The board wants to raise the annual subscription for its Real-Time Transaction Price Service to $10,000 from $5,000 and rename the feed the “MSRB Real-Time Transaction Data Subscription Service.” It told the SEC that it would be willing to waive the fee for nonprofit organizations and academics performing research.

The MSRB also wants to increase the Comprehensive Transaction Price Service annual fee to $5,000 from $2,000, and rename it the MSRB Comprehensive Transaction Data Subscription Service. Currently, the comprehensive feed consists of a T+5 report of transaction data five business days after trades and a T+20 report of data 20 days after trades. The proposal would essentially provide a third report, T+1, for data one day after trades, which the board would cease to provide for free.

The MSRB is asking that all the fee changes take effect on Jan. 1, 2011.
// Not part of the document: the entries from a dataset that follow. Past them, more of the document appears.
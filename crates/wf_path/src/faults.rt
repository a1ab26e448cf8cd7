//! The faults of a new path, of an address, of an AID, of a transmission to write, and of a BlockAck that was
//! read.

ghost use Rattle.std.specs.Prelude.{◌≡◌};
ghost use Rattle.wf_path.specs.declared.faults.NewFault.TheVariants.{NoMemory};
ghost use Rattle.wf_path.specs.declared.faults.DoneFault.TheVariants.{Block};

use std::alloc::AllocError;
use thiserror::Error;
use wf_frame::Field;
use wf_octets::block::BlockFault;

/// Why a path was not made.
#[derive(Clone, Copy, Debug, PartialEq, Eq, Error)]
pub enum NewFault {
    /// The first setting that is out of its range.
    #[error("a setting out of its range")]
    BadConfig(Field),
    /// Out of memory.
    #[error("out of memory")]
    NoMemory,
}

impl From<AllocError> for NewFault {
    ghost from_gives = { λ _ e. e ≡ NoMemory };

    fn from(_e: AllocError) -> NewFault {
        NewFault::NoMemory
    }
}

/// Why an address is refused. The variants are in the order of the checks; the first check that fails is
/// reported.
#[derive(Clone, Copy, Debug, PartialEq, Eq, Error)]
pub enum BadAddress {
    /// The station's number is not below the setting `stations`.
    #[error("no such station")]
    NoStation,
    /// There is no BSS of that number.
    #[error("no such BSS")]
    BadBss,
    /// The address is a group's: the lowest bit of its first octet is set (IEEE 802.11-2012, 8.2.4.3).
    #[error("a group's address")]
    Group,
}

/// Why an association identifier (AID) is refused. The variants are in the order of the checks; the first
/// check that fails is reported.
#[derive(Clone, Copy, Debug, PartialEq, Eq, Error)]
pub enum AidFault {
    /// The station's number is not below the setting `stations`.
    #[error("no such station")]
    NoStation,
    /// The AID is 0 or above 2007 (IEEE 802.11-2012, 8.4.1.8).
    #[error("an AID out of its range")]
    BadAid,
}

/// Why a transmission was not written. The variants are in the order of the checks; the first check that
/// fails is reported.
#[derive(Clone, Copy, Debug, PartialEq, Eq, Error)]
pub enum PathFault {
    /// No open exchange has that number.
    #[error("no such exchange")]
    NoExchange,
    /// The exchange has no transmission of that index.
    #[error("no such transmission")]
    BadIndex,
    /// The frame of the transmission is bare.
    #[error("a frame without octets: write its `header`, and send the body from its owner's buffer")]
    NoBody,
    /// The transmission is longer than the buffer.
    #[error("a transmission of {need} octets")]
    SmallBuffer {
        /// The length of the transmission, in octets.
        need: usize,
    },
}

/// Why octets do not end an exchange as its BlockAck. The variants are in the order of the checks; the first
/// check that fails is reported.
#[derive(Clone, Copy, Debug, PartialEq, Eq, Error)]
pub enum DoneFault {
    /// No open exchange has that number.
    #[error("no such exchange")]
    NoExchange,
    /// The octets are no BlockAck that the session takes.
    #[error(transparent)]
    Block(BlockFault),
    /// The BlockAck is not to the access point, or not from the exchange's station.
    #[error("a BlockAck from or to another station")]
    NotMine,
    /// The BlockAck has another traffic identifier.
    #[error("a BlockAck of traffic identifier {found}")]
    WrongTid {
        /// The traffic identifier of the BlockAck.
        found: u8,
    },
}

impl From<BlockFault> for DoneFault {
    ghost from_gives = { λ fault e. e ≡ Block fault };

    fn from(fault: BlockFault) -> DoneFault {
        DoneFault::Block(fault)
    }
}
The fee hikes would come on top of provisions in the Dodd-Frank act that permits the MSRB to obtain half of any enforcement penalties collected by the SEC and one-third or another portion of any Financial Industry Regulatory Authority enforcement-related collections.

The MSRB also is authorized to impose fines on dealers and advisers that fail to submit information or documents in a timely manner as required by its rules.
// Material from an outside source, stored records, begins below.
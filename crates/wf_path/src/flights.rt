//! The frame and the header of a data transmission.

ghost use Rattle.std.specs.Prelude.{◌≡◌, ◌+◌, ◌==◌, ◌&&◌, ◌||◌, not, ℕ, true};
ghost use Rattle.wf_frame.specs.Frames.{FrameValue};
ghost use Rattle.wf_octets.specs.HeaderLayout.{IsPlain};
ghost use Rattle.wf_octets.specs.declared.header.header.Kind.TheVariants.{QosData};
ghost use Rattle.wf_def_world.specs.World.{World, Exchange, Mpdu};
ghost use Rattle.wf_send_parts.specs.Exchanges.{transmissions_of};
ghost use Rattle.wf_path.specs.Transmissions.{duration, header_of};
ghost use Rattle.wf_path.specs.Flights.{IsInFlight, Flies};

use crate::addresses::AddressBook;
use wf_frame::Frame;
use wf_octets::header::{Header, Kind};
use wf_octets::seq12::Seq12;
use wf_send_half::Transmit;
use wf_send_parts::exchanges::Open;

/// The Duration field of a transmission that a BlockAck answers, in microseconds: the interframe space, 16,
/// and a BlockAck of 64 numbers at 24 Mbit/s, 32.
pub(crate) const DURATION: u16 = 48;

/// The Duration field of a transmission that an Ack answers, in microseconds: the interframe space, 16, and
/// an Ack at 24 Mbit/s, 28.
const PLAIN_DURATION: u16 = 44;

/// Returns the Duration field of a data transmission, in microseconds.
fn duration_of(plain: bool) -> u16
    ensures { result ≡ duration plain }
{
    if plain { PLAIN_DURATION } else { DURATION }
}

/// Returns the frame of a transmission that carries this number.
pub(crate) fn frame_of<'a>(half: &'a Transmit, open: &Open, index: u16, seq: Seq12) -> &'a Frame
    requires { Flies half.now open.now index seq }
    ensures { (w : World) (bodies : ℕ → FrameValue) (x : Exchange) (m : Mpdu) →
        IsInFlight half.now open.now index w bodies x m →
        result.now ≡ bodies m.id }
{
    half.window(open.station, open.tid).frame(seq)
}

/// Returns the More Data bit of a data transmission: that of its exchange. If the exchange ends a service
/// period, each transmission but the last has it too.
fn has_more(open: &Open, index: u16) -> bool
    ensures { result ≡ (open.now.more
        || (open.now.eosp && not (index + 1 == transmissions_of open.now.sending))) }
{
    open.more || (open.eosp && usize::from(index) + 1 != usize::from(open.count()))
}

/// Returns the EOSP bit of a data transmission: its exchange ends a service period, and it is the last one.
fn ends_service(open: &Open, index: u16) -> bool
    ensures { result ≡ (open.now.eosp && (index + 1 == transmissions_of open.now.sending)) }
{
    open.eosp && usize::from(index) + 1 == usize::from(open.count())
}

/// Returns the header of a transmission that carries this number.
pub(crate) fn header_of(
    half: &Transmit,
    addresses: &AddressBook,
    open: &Open,
    index: u16,
    seq: Seq12,
) -> Header
    requires { Flies half.now open.now index seq }
    ensures kind { result.kind ≡ QosData }
    ensures plain { IsPlain result }
    ensures header { (w : World) (bodies : ℕ → FrameValue) (x : Exchange) (m : Mpdu) →
        IsInFlight half.now open.now index w bodies x m →
        result ≡ header_of addresses.now w bodies x m }
{
    let attempts = half.window(open.station, open.tid).attempts(seq);
    Header {
        kind: Kind::QosData,
        to_ds: false,
        from_ds: true,
        retry: attempts > 0,
        power: false,
        more: has_more(open, index),
        duration: duration_of(open.plain),
        a1: addresses.of(open.station),
        a2: addresses.bss(half.bss(open.station)),
        a3: frame_of(half, open, index, seq).source(),
        seq,
        tid: open.tid,
        eosp: ends_service(open, index),
    }
}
Though a dealer-led board approved the fee hikes, industry officials were slow to embrace them.

Michael Nicholas, chief executive officer of Bond Dealers of America, noted that any hikes to fees or fines tend to disproportionately impact small and mid-sized dealers, which also has an impact on investors.

“We completely understand that the MSRB may need a larger budget to accommodate its larger mission and board, but we just want to make sure that there’s transparency in the process and an appreciation for the market impact when there’s a significant increase in fees,” he said.
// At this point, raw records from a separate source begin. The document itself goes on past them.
//! The end of an exchange by what became of each of its transmissions, for a device that reports each frame.

ghost use Rattle.std.specs.Prelude.{◌≡◌, ◌<◌, ◌≤◌, if◌then◌else◌, ◌==◌, ◌∷◌, [], find, length, IfOk, IfSome};
ghost use Rattle.std.specs.Option.{option_map_or};
ghost use Rattle.std.specs.Result.{result_err};
ghost use Rattle.wf_def_lists.specs.Table.{with_member};
ghost use Rattle.wf_send_parts.specs.Exchanges.{transmissions_of};
ghost use Rattle.wf_path.specs.Each.{is_outcome_acked, IsEndedEach, each_refusal, each_fault, some_acked, outcome_of_ack, none_sent, air_of_none};
ghost use Rattle.wf_path.specs.Heard.{AreNumbersNear, IsNarrow, IsMarked, offsets_acked, heard_of};
ghost use Rattle.wf_path.specs.Paths.{IsPath, IsSmall};

use crate::Path;
use wf_frame::{Brief, Config, Refusal};
use wf_octets::bits::Bits256;
use wf_octets::seq12::Seq12;
use wf_send_parts::exchanges::{Numbers, Open, Sending};

/// The outcome of a transmission.
#[derive(Clone, Copy, Debug, PartialEq, Eq)]
pub enum Outcome {
    /// It was acknowledged.
    Acked,
    /// It was not acknowledged, and may be tried again. In a batch this is the same as `GaveUp`, since the
    /// device has repeated it.
    Retry,
    /// It never went on the air.
    Unsent,
    /// It was not acknowledged, and the device will not try it again.
    GaveUp,
}

/// The most transmissions of an exchange.
const MOST: usize = 256;

/// Returns the distances from `first` of the numbers whose transmissions were acknowledged.
fn offsets_acked(first: Seq12, numbers: &Numbers, outcomes: &[Outcome]) -> Bits256
    requires long { length outcomes.now ≡ length numbers.now }
    requires near { AreNumbersNear first numbers.now }
    ensures { result ≡ offsets_acked first [] numbers.now outcomes.now }
{
    let mut offsets = Bits256::empty();
    for i in 0..numbers.len() {
        offsets = with_outcome(offsets, numbers.at(i).ahead(first), outcomes[i]);
    }
    offsets
}

/// Returns these offsets, with one more if its transmission was acknowledged.
fn with_outcome(mut offsets: Bits256, offset: u16, outcome: Outcome) -> Bits256
    requires { offset < 256 }
    ensures { result ≡ (if is_outcome_acked outcome then with_member offset offsets else offsets) }
{
    match outcome {
        Outcome::Acked => offsets.set(offset),
        _ => {}
    }
    offsets
}

/// Returns whether any transmission was acknowledged.
fn some_acked(outcomes: &[Outcome]) -> bool
    ensures { result ≡ some_acked outcomes.now }
{
    outcomes
        .iter()
        .any(|outcome| matches!(outcome, Outcome::Acked))
}

/// Returns the BlockAck that shows exactly the numbers whose transmissions were acknowledged, if there are
/// any, or that answers a request.
fn heard_of(sending: &Sending, outcomes: &[Outcome]) -> Option<(Seq12, Bits256)>
    requires long { length outcomes.now ≡ transmissions_of sending.now }
    requires near { IsNarrow sending.now }
    ensures { result ≡ heard_of sending.now outcomes.now }
{
    if !some_acked(outcomes) {
        return None;
    }
    match sending {
        Sending::Data(numbers) => {
            let first = numbers.at(0);
            Some((first, offsets_acked(first, numbers, outcomes)))
        }
        Sending::Request(start) => Some((*start, Bits256::empty())),
    }
}

/// Returns why an open exchange does not end with these outcomes and this airtime, if it does not.
fn fault_of(config: &Config, outcomes: &[Outcome], air: Option<u32>, open: &Open) -> Option<Refusal>
    ensures { result ≡ each_fault config.now outcomes.now air open.now }
{
    if outcomes.len() != usize::from(open.count()) {
        Some(Refusal::BadIndex)
    } else if open.unsent.count() != 0 || open.given_up.count() != 0 {
        Some(Refusal::Marked)
    } else if config.is_bad_air(air) {
        Some(Refusal::BadAir)
    } else {
        None
    }
}

/// Returns the airtime of an exchange of which nothing went on the air: 1 microsecond, if the settings take
/// it.
fn air_of_none(config: &Config) -> Option<u32>
    ensures { result ≡ air_of_none config.now }
{
    if config.charge > 0 { Some(1) } else { None }
}

impl Path {
    /// Ends an exchange by what became of each of its transmissions, in their order. Those that never went on
    /// the air and those that the device will not try again are marked first. Then the exchange ends as by
    /// `done_bits` with a BlockAck that shows exactly the acknowledged numbers, or without one if there are
    /// none; a request is heard if it was acknowledged. So a batch ends, whose device reports each frame: one
    /// that went on the air and was not acknowledged fails. Refused, with nothing changed, as NoExchange if
    /// the exchange is not open, BadIndex if it has another number of transmissions, Marked if one of them
    /// has a mark already, or BadAir if `air` is 0 or above the setting `charge`.
    pub fn done_each(&mut self, exchange: u64, outcomes: &[Outcome], air: Option<u32>) -> Brief
        requires small { IsSmall self.old.half }
        ensures { IsEndedEach self.old exchange outcomes.now air self.new result }
    {
        match self.check_each(exchange, outcomes, air) {
            Ok(heard) => {
                self.mark_each(exchange, outcomes);
                self.done_bits(exchange, heard, air)
            }
            Err(reason) => Brief::Refused(reason),
        }
    }

    /// Ends an exchange of one transmission by whether its Ack was heard (IEEE 802.11-2012, 8.3.1.4), as
    /// `done_each` does. So a plain exchange ends. If the Ack was not heard, the frame fails if it was sent
    /// `attempts` times or if its number is 2,048 or more past the last acknowledged one, else it waits
    /// again. Refused as NoExchange, BadIndex if the exchange has more transmissions, Marked or BadAir.
    pub fn done_ack(&mut self, exchange: u64, acked: bool, air: Option<u32>) -> Brief
        requires small { IsSmall self.old.half }
        ensures { IsEndedEach self.old exchange (outcome_of_ack acked ∷ []) air self.new result }
    {
        let outcome = if acked {
            Outcome::Acked
        } else {
            Outcome::Retry
        };
        self.done_each(exchange, &[outcome], air)
    }

    /// Ends an exchange of which nothing went on the air, as `done_each` does: each of its frames waits
    /// again, and counts no transmission. Its station is charged 1 microsecond, or the computed charge if the
    /// setting `charge` is 0. Refused as NoExchange or Marked.
    pub fn cancel(&mut self, exchange: u64) -> Brief
        requires small { IsSmall self.old.half }
        ensures { IsEndedEach self.old exchange (none_sent self.old.half exchange)
            (air_of_none self.old.half.config) self.new result }
    {
        let count = self.count_of(exchange);
        let air = air_of_none(&self.config());
        self.done_each(exchange, &[Outcome::Unsent; MOST][..count], air)
    }

    // Returns how many transmissions an exchange has, at most 256; 0 if it is not open.
    fn count_of(&self, exchange: u64) -> usize
        ensures count { result ≡ option_map_or (λ x. transmissions_of x.sending)
            (find (λ x. x.number == exchange) self.now.half.opened) 0 }
        ensures few { result ≤ 256 }
    {
        match self.half.exchange(exchange) {
            Some(open) => usize::from(open.count()),
            None => 0,
        }
    }

    // Returns the BlockAck by which an exchange ends, if any, or why it does not end.
    fn check_each(
        &self,
        exchange: u64,
        outcomes: &[Outcome],
        air: Option<u32>,
    ) -> Result<Option<(Seq12, Bits256)>, Refusal>
        ensures refused { result_err result ≡ each_refusal self.now.half exchange outcomes.now air }
        ensures heard { IfOk result (λ heard. IfSome (find (λ x. x.number == exchange) self.now.half.opened)
            (λ x. heard ≡ heard_of x.sending outcomes.now)) }
        ensures path { IsPath self.now.half }
    {
        let Some(open) = self.half.exchange(exchange) else {
            return Err(Refusal::NoExchange);
        };
        match fault_of(&self.config(), outcomes, air, open) {
            Some(reason) => Err(reason),
            None => Ok(heard_of(&open.sending, outcomes)),
        }
    }

    // Marks each transmission that never went on the air, and each that the device will not try again.
    fn mark_each(&mut self, exchange: u64, outcomes: &[Outcome])
        requires { length outcomes.now ≤ 256 }
        ensures marked { IsMarked self.old.half self.new.half exchange 0 outcomes.now }
        ensures addresses { self.new.addresses ≡ self.old.addresses }
    {
        for i in 0..outcomes.len() {
            self.mark(exchange, i as u16, outcomes[i]);
        }
    }

    // Marks a transmission if it never went on the air, or if the device will not try it again.
    fn mark(&mut self, exchange: u64, index: u16, outcome: Outcome)
        ensures marked { IsMarked self.old.half self.new.half exchange index (outcome ∷ []) }
        ensures addresses { self.new.addresses ≡ self.old.addresses }
    {
        match outcome {
            Outcome::Unsent => {
                let _ = self.half.unsent(exchange, index);
            }
            Outcome::GaveUp => {
                let _ = self.half.give_up(exchange, index);
            }
            _ => {}
        }
    }
}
Separately, as the board announced its new members Friday, it also disclosed for the first time the names of the candidate pool of roughly 150 individuals who had been nominated to serve on the MSRB as well as the names of the previous members who served on the nominating committee. Eight of the new members are “public representatives,” while three are non-dealer municipal advisers.

In addition to Fippinger and Trower, the other new public members are: Milroy Alexander, former chief executive officer of the Colorado Housing and Finance Authority; Sheryl Bailey, deputy county administrator for management services in Chesterfield County, Va.; Jay Goldstone, chief operating officer of San Diego; Robert Jackman, founder and trustee of the Brooke Jackman Foundation Inc. in New York; David Madigan, chief investment officer at Breckinridge Capitol Advisors in Boston; and Benjamin Thompson, a founding principal at Samson Capitol Advisors in New York.

The three advisers will join seven bank and broker-dealers from the previous industry-led board whose terms did not expire Thursday.

They are: Adela Cepeda, president of A.C. Advisory Inc. in Chicago; Robert Lamb, president of Lamont Financial Services Corp. in Wayne, N.J.; and Noreen White, co-president of Acacia Financial Group in Montclair, N.J.

The new public representatives join the three non-dealers from the previous board: Frank Thomas Howard, executive director of financial management in Kentucky’s finance and administration cabinet; Kathleen McDonough, former senior managing director of Ambac Financial Group in New York; and Mark Muller, senior vice president and municipal portfolio manager at Loews Corp. in New York.

They join three continuing bank representatives: Bartolotta; Martin Vogtsberger, managing director and head of institutional brokerage at Fifth Third Securities Inc. in Columbus; and Kevin Willens, managing director at Goldman, Sachs & Co. in New York.

The four continuing securities firm representatives are: Stanley Grayson, vice chairman and chief operating officer at M.R. Beal & Co. in New York; Stephen Heaney, managing director and head of public finance at Stone & Youngberg LLC in Los Angeles; Alan Polsky, senior vice president at Dougherty & Co. in Minneapolis; and John Young 2d, managing director at Samuel A. Ramirez & Co. in New York.

Bartolotta succeeds Peter Clarke, managing director at JPMorgan in New York, while Young succeeds as vice chairman Alan Murphy, senior vice president at Stifel, Nicolaus & Co. in Denver.